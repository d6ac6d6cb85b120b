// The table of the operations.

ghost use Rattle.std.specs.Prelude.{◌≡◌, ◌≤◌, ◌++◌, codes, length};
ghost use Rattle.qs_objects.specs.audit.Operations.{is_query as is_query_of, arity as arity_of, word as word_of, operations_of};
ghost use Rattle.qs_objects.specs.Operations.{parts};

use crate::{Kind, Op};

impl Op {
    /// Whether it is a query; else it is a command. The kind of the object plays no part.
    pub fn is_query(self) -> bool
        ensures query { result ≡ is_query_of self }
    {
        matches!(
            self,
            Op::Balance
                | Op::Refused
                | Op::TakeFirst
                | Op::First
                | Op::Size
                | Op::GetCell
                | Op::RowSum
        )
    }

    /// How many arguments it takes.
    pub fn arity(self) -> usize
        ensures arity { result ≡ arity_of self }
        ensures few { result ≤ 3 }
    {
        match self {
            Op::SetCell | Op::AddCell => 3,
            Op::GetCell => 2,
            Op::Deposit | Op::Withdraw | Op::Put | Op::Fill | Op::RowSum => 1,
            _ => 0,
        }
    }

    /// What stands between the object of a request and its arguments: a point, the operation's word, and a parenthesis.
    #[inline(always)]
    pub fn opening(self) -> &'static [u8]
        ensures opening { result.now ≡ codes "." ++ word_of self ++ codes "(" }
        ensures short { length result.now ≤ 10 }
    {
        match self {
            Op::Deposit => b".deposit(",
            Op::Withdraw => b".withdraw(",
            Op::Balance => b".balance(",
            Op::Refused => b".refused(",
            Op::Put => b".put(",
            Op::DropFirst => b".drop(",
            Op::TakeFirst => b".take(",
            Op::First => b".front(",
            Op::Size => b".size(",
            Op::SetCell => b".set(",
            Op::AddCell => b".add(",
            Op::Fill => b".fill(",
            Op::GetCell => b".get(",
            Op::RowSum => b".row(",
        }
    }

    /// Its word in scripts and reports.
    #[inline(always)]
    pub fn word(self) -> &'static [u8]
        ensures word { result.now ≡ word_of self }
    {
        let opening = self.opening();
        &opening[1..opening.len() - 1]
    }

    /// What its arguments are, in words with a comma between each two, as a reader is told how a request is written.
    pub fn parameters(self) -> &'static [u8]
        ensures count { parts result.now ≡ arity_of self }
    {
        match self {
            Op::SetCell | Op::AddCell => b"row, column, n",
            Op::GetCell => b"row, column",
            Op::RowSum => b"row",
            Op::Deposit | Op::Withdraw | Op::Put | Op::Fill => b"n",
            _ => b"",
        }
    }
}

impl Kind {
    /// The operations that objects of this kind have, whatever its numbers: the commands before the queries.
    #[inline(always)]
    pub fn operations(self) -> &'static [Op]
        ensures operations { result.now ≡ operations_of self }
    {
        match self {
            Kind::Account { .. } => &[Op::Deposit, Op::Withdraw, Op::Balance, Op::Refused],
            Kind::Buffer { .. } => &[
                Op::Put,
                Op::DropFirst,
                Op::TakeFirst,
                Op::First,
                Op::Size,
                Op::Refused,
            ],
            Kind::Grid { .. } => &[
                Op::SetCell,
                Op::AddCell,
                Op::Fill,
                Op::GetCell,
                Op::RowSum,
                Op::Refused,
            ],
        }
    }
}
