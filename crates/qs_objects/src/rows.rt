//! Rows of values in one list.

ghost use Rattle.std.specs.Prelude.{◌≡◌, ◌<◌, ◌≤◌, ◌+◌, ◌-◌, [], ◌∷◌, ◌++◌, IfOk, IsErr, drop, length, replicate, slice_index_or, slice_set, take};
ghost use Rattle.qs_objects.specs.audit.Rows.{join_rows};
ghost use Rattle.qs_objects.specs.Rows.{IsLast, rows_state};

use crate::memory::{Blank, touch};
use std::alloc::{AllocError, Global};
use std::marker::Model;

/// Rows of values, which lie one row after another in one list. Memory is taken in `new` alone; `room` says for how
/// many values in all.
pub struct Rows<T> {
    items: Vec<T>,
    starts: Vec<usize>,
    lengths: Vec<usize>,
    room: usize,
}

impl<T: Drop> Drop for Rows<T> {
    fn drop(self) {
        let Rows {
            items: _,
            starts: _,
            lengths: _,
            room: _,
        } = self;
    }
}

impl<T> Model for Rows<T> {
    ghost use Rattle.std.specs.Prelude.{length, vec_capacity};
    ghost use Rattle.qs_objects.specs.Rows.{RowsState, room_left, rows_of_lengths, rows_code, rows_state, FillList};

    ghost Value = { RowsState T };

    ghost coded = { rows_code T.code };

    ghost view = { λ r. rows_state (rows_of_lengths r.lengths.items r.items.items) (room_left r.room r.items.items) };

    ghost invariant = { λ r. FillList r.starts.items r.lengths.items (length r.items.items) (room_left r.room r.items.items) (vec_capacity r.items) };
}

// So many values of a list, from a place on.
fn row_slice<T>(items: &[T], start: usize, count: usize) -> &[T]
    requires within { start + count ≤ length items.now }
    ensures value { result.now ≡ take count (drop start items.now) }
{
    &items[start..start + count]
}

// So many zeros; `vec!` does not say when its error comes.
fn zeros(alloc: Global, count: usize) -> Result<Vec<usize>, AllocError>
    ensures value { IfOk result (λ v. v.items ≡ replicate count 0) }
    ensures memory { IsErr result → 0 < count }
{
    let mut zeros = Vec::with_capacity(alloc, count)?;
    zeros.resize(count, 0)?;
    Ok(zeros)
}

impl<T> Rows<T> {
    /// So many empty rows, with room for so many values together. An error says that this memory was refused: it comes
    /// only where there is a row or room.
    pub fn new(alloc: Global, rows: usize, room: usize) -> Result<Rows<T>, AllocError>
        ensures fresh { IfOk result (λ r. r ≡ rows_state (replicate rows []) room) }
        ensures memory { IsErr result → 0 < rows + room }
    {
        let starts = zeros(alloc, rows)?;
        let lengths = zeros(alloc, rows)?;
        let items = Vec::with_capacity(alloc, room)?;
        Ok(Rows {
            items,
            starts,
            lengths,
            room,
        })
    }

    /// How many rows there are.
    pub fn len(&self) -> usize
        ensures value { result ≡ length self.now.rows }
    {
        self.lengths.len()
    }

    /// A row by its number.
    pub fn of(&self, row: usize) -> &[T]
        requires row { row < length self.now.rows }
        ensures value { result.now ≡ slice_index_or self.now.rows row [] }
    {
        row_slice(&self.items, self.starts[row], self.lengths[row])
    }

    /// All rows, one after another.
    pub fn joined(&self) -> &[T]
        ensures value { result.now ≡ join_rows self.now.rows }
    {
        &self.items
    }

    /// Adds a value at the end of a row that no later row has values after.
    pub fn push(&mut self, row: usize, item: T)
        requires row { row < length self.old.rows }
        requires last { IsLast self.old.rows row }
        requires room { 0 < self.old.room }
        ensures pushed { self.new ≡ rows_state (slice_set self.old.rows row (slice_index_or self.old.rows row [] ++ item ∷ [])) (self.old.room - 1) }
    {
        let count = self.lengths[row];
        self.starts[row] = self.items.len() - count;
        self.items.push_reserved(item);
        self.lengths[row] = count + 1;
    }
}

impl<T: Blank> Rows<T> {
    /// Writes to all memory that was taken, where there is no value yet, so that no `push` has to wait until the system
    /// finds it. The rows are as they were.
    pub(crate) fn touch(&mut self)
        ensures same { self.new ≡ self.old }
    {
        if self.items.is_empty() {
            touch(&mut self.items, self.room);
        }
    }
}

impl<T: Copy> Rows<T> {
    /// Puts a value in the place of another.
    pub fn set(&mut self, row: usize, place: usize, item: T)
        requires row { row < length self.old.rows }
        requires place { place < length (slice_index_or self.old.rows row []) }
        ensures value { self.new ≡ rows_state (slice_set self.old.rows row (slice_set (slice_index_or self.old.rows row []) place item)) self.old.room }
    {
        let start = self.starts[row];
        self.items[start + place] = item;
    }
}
——————————
_Assignment:_ Only an exact transcription of all the entries will do.

_Output for this task:_
repository d6ac6d6cb85b120b
// The table of the operations.

ghost use Rattle.std.specs.Prelude.{◌≡◌, ◌≤◌, ◌++◌, codes, length};
ghost use Rattle.qs_objects.specs.audit.Operations.{is_query as is_query_of, arity as arity_of, word as word_of, operations_of};
ghost use Rattle.qs_objects.specs.Operations.{parts};

use crate::{Kind, Op};

impl Op {
    /// Whether it is a query; else it is a command. The kind of the object plays no part.
    pub fn is_query(self) -> bool
        ensures query { result ≡ is_query_of self }
    {
        matches!(
            self,
            Op::Balance
                | Op::Refused
                | Op::TakeFirst
                | Op::First
                | Op::Size
                | Op::GetCell
                | Op::RowSum
        )
    }

    /// How many arguments it takes.
    pub fn arity(self) -> usize
        ensures arity { result ≡ arity_of self }
        ensures few { result ≤ 3 }
    {
        match self {
            Op::SetCell | Op::AddCell => 3,
            Op::GetCell => 2,
            Op::Deposit | Op::Withdraw | Op::Put | Op::Fill | Op::RowSum => 1,
            _ => 0,
        }
    }

    /// What stands between the object of a request and its arguments: a point, the operation's word, and a parenthesis.
    #[inline(always)]
    pub fn opening(self) -> &'static [u8]
        ensures opening { result.now ≡ codes "." ++ word_of self ++ codes "(" }
        ensures short { length result.now ≤ 10 }
    {
        match self {
            Op::Deposit => b".deposit(",
            Op::Withdraw => b".withdraw(",
            Op::Balance => b".balance(",
            Op::Refused => b".refused(",
            Op::Put => b".put(",
            Op::DropFirst => b".drop(",
            Op::TakeFirst => b".take(",
            Op::First => b".front(",
            Op::Size => b".size(",
            Op::SetCell => b".set(",
            Op::AddCell => b".add(",
            Op::Fill => b".fill(",
            Op::GetCell => b".get(",
            Op::RowSum => b".row(",
        }
    }

    /// Its word in scripts and reports.
    #[inline(always)]
    pub fn word(self) -> &'static [u8]
        ensures word { result.now ≡ word_of self }
    {
        let opening = self.opening();
        &opening[1..opening.len() - 1]
    }

    /// What its arguments are, in words with a comma between each two, as a reader is told how a request is written.
    pub fn parameters(self) -> &'static [u8]
        ensures count { parts result.now ≡ arity_of self }
    {
        match self {
            Op::SetCell | Op::AddCell => b"row, column, n",
            Op::GetCell => b"row, column",
            Op::RowSum => b"row",
            Op::Deposit | Op::Withdraw | Op::Put | Op::Fill => b"n",
            _ => b"",
        }
    }
}

impl Kind {
    /// The operations that objects of this kind have, whatever its numbers: the commands before the queries.
    #[inline(always)]
    pub fn operations(self) -> &'static [Op]
        ensures operations { result.now ≡ operations_of self }
    {
        match self {
            Kind::Account { .. } => &[Op::Deposit, Op::Withdraw, Op::Balance, Op::Refused],
            Kind::Buffer { .. } => &[
                Op::Put,
                Op::DropFirst,
                Op::TakeFirst,
                Op::First,
                Op::Size,
                Op::Refused,
            ],
            Kind::Grid { .. } => &[
                Op::SetCell,
                Op::AddCell,
                Op::Fill,
                Op::GetCell,
                Op::RowSum,
                Op::Refused,
            ],
        }
    }
}
filename crates/qs_objects/src/rows.rt
//! Rows of values in one list.

ghost use Rattle.std.specs.Prelude.{◌≡◌, ◌<◌, ◌≤◌, ◌+◌, ◌-◌, [], ◌∷◌, ◌++◌, IfOk, IsErr, drop, length, replicate, slice_index_or, slice_set, take};
ghost use Rattle.qs_objects.specs.audit.Rows.{join_rows};
ghost use Rattle.qs_objects.specs.Rows.{IsLast, rows_state};

use crate::memory::{Blank, touch};
use std::alloc::{AllocError, Global};
use std::marker::Model;

/// Rows of values, which lie one row after another in one list. Memory is taken in `new` alone; `room` says for how
/// many values in all.
pub struct Rows<T> {
    items: Vec<T>,
    starts: Vec<usize>,
    lengths: Vec<usize>,
    room: usize,
}

impl<T: Drop> Drop for Rows<T> {
    fn drop(self) {
        let Rows {
            items: _,
            starts: _,
            lengths: _,
            room: _,
        } = self;
    }
}

impl<T> Model for Rows<T> {
    ghost use Rattle.std.specs.Prelude.{length, vec_capacity};
    ghost use Rattle.qs_objects.specs.Rows.{RowsState, room_left, rows_of_lengths, rows_code, rows_state, FillList};

    ghost Value = { RowsState T };

    ghost coded = { rows_code T.code };

    ghost view = { λ r. rows_state (rows_of_lengths r.lengths.items r.items.items) (room_left r.room r.items.items) };

    ghost invariant = { λ r. FillList r.starts.items r.lengths.items (length r.items.items) (room_left r.room r.items.items) (vec_capacity r.items) };
}

// So many values of a list, from a place on.
fn row_slice<T>(items: &[T], start: usize, count: usize) -> &[T]
    requires within { start + count ≤ length items.now }
    ensures value { result.now ≡ take count (drop start items.now) }
{
    &items[start..start + count]
}

// So many zeros; `vec!` does not say when its error comes.
fn zeros(alloc: Global, count: usize) -> Result<Vec<usize>, AllocError>
    ensures value { IfOk result (λ v. v.items ≡ replicate count 0) }
    ensures memory { IsErr result → 0 < count }
{
    let mut zeros = Vec::with_capacity(alloc, count)?;
    zeros.resize(count, 0)?;
    Ok(zeros)
}

impl<T> Rows<T> {
    /// So many empty rows, with room for so many values together. An error says that this memory was refused: it comes
    /// only where there is a row or room.
    pub fn new(alloc: Global, rows: usize, room: usize) -> Result<Rows<T>, AllocError>
        ensures fresh { IfOk result (λ r. r ≡ rows_state (replicate rows []) room) }
        ensures memory { IsErr result → 0 < rows + room }
    {
        let starts = zeros(alloc, rows)?;
        let lengths = zeros(alloc, rows)?;
        let items = Vec::with_capacity(alloc, room)?;
        Ok(Rows {
            items,
            starts,
            lengths,
            room,
        })
    }

    /// How many rows there are.
    pub fn len(&self) -> usize
        ensures value { result ≡ length self.now.rows }
    {
        self.lengths.len()
    }

    /// A row by its number.
    pub fn of(&self, row: usize) -> &[T]
        requires row { row < length self.now.rows }
        ensures value { result.now ≡ slice_index_or self.now.rows row [] }
    {
        row_slice(&self.items, self.starts[row], self.lengths[row])
    }

    /// All rows, one after another.
    pub fn joined(&self) -> &[T]
        ensures value { result.now ≡ join_rows self.now.rows }
    {
        &self.items
    }

    /// Adds a value at the end of a row that no later row has values after.
    pub fn push(&mut self, row: usize, item: T)
        requires row { row < length self.old.rows }
        requires last { IsLast self.old.rows row }
        requires room { 0 < self.old.room }
        ensures pushed { self.new ≡ rows_state (slice_set self.old.rows row (slice_index_or self.old.rows row [] ++ item ∷ [])) (self.old.room - 1) }
    {
        let count = self.lengths[row];
        self.starts[row] = self.items.len() - count;
        self.items.push_reserved(item);
        self.lengths[row] = count + 1;
    }
}

impl<T: Blank> Rows<T> {
    /// Writes to all memory that was taken, where there is no value yet, so that no `push` has to wait until the system
    /// finds it. The rows are as they were.
    pub(crate) fn touch(&mut self)
        ensures same { self.new ≡ self.old }
    {
        if self.items.is_empty() {
            touch(&mut self.items, self.room);
        }
    }
}

impl<T: Copy> Rows<T> {
    /// Puts a value in the place of another.
    pub fn set(&mut self, row: usize, place: usize, item: T)
        requires row { row < length self.old.rows }
        requires place { place < length (slice_index_or self.old.rows row []) }
        ensures value { self.new ≡ rows_state (slice_set self.old.rows row (slice_set (slice_index_or self.old.rows row []) place item)) self.old.room }
    {
        let start = self.starts[row];
        self.items[start + place] = item;
    }
}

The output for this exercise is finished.